• EXERCISE BRIEF:
Say how many lines of the records include the string "ProgramsNotSupported". Nothing else belongs in the answer.

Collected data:
..........
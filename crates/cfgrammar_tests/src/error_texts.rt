//! What errors print, each seen as a `std::error::Error`.

use crate::same::same;
use cfg_base::span::{Span, Spanned};
use cfg_read::yacc::parser::error::ReadError;
use cfg_read::yacc::parser::{
    SpansKind, YaccGrammarError, YaccGrammarErrorKind, YaccGrammarWarning, YaccGrammarWarningKind,
    read_syntax,
};
use cfg_read::yacc::{
    ASTModificationError, KindError, YaccGrammarFailure, YaccKind, YaccOriginalActionKind,
};
use cfg_sections::header::Value;
use std::alloc::{AllocError, Global};
use std::error::Error;
use std::test::*;

const TREE: YaccKind = YaccKind::Original(YaccOriginalActionKind::GenericParseTree);

/// Returns what an error prints, and drops it.
fn text_of<E: Error + Drop>(alloc: Global, error: E) -> Result<String, AllocError> {
    let text = format!(in alloc; "{error}");
    drop(error);
    text
}

#[test]
fn want_of_memory(rt: HostRuntime) -> Result<(), Fail> {
    let alloc = rt.alloc();
    let reading = text_of(alloc, ReadError::Memory(AllocError))?;
    same(&rt, "reading", reading.as_str(), "Memory");
    let failure = text_of(alloc, YaccGrammarFailure::Memory(AllocError))?;
    same(&rt, "failure", failure.as_str(), "Memory");
    let kind = text_of(alloc, KindError::<Span>::Memory(AllocError))?;
    same(&rt, "kind", kind.as_str(), "Memory");
    let change = text_of(alloc, ASTModificationError::Memory(AllocError))?;
    same(&rt, "change", change.as_str(), "Memory");
    Ok(())
}

/// Returns what the fault of a text prints.
fn fault_in(alloc: Global, text: &str) -> Result<String, AllocError> {
    match read_syntax(alloc, TREE, text, 0) {
        Ok(syntax) => {
            drop(syntax);
            Ok(String::new(alloc))
        }
        Err(ReadError::Memory(e)) => Err(e),
        Err(e) => text_of(alloc, e),
    }
}

/// Returns what an error prints from which a value has no kind.
fn refused_value(alloc: Global) -> Result<String, AllocError> {
    let value = Value::Flag(true, Span::new(10, 18));
    let kind = YaccKind::try_from_value(alloc, &value);
    drop(value);
    match kind {
        Ok(_kind) => Ok(String::new(alloc)),
        Err(KindError::Memory(e)) => Err(e),
        Err(e) => text_of(alloc, e),
    }
}

#[test]
fn faults(rt: HostRuntime) -> Result<(), Fail> {
    let alloc = rt.alloc();
    let found = fault_in(alloc, "%% S: 'a' %prec ;")?;
    same(
        &rt,
        "text",
        found.as_str(),
        "%prec not followed by token name",
    );
    let found = refused_value(alloc)?;
    same(&rt, "value", found.as_str(), "Invalid");
    let found = text_of(alloc, YaccGrammarFailure::Invalid(Vec::new(alloc)))?;
    same(&rt, "failure", found.as_str(), "Invalid");
    Ok(())
}

// The kinds of faults that no text has: what others print is in rows of `read_rows`.
#[test]
fn kinds_without_texts(rt: HostRuntime) -> Result<(), Fail> {
    let kinds = [
        (YaccGrammarErrorKind::MismatchedBrace, "MismatchedBrace"),
        (
            YaccGrammarErrorKind::ProgramsNotSupported,
            "ProgramsNotSupported",
        ),
        (YaccGrammarErrorKind::ExpectedInput, "ExpectedInput"),
    ];
    for (kind, wanted) in kinds {
        let found = kind_shown(rt.alloc(), kind)?;
        same(&rt, "kind", found.as_str(), wanted);
    }
    Ok(())
}

fn kind_shown(alloc: Global, kind: YaccGrammarErrorKind) -> Result<String, AllocError> {
    let text = format!(in alloc; "{kind}");
    drop(kind);
    text
}

fn unknown_token(alloc: Global) -> Result<YaccGrammarError, AllocError> {
    let name = String::from_str(alloc, "x")?;
    let spans = vec![in alloc; Span::new(3, 4)]?;
    let kind = YaccGrammarErrorKind::UnknownToken(name);
    Ok(YaccGrammarError { kind, spans })
}

/// Errors, warnings and what their spans are have names in the module of the parser too.
#[test]
fn names_in_the_parser(rt: HostRuntime) -> Result<(), Fail> {
    let alloc = rt.alloc();
    let error = unknown_token(alloc)?;
    let of_spans = error.spanskind();
    let found = text_of(alloc, error)?;
    same(&rt, "error", found.as_str(), "Unknown token 'x'");
    same(&rt, "spans", of_spans, SpansKind::Error);
    let kind = YaccGrammarWarningKind::UnusedToken;
    let spans = vec![in alloc; Span::new(3, 4)]?;
    let found = warning_shown(alloc, YaccGrammarWarning { kind, spans })?;
    same(&rt, "warning", found.as_str(), "Unused token");
    Ok(())
}

fn warning_shown(alloc: Global, warning: YaccGrammarWarning) -> Result<String, AllocError> {
    let text = format!(in alloc; "{warning}");
    drop(warning);
    text
}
..........
• SOLUTION:
2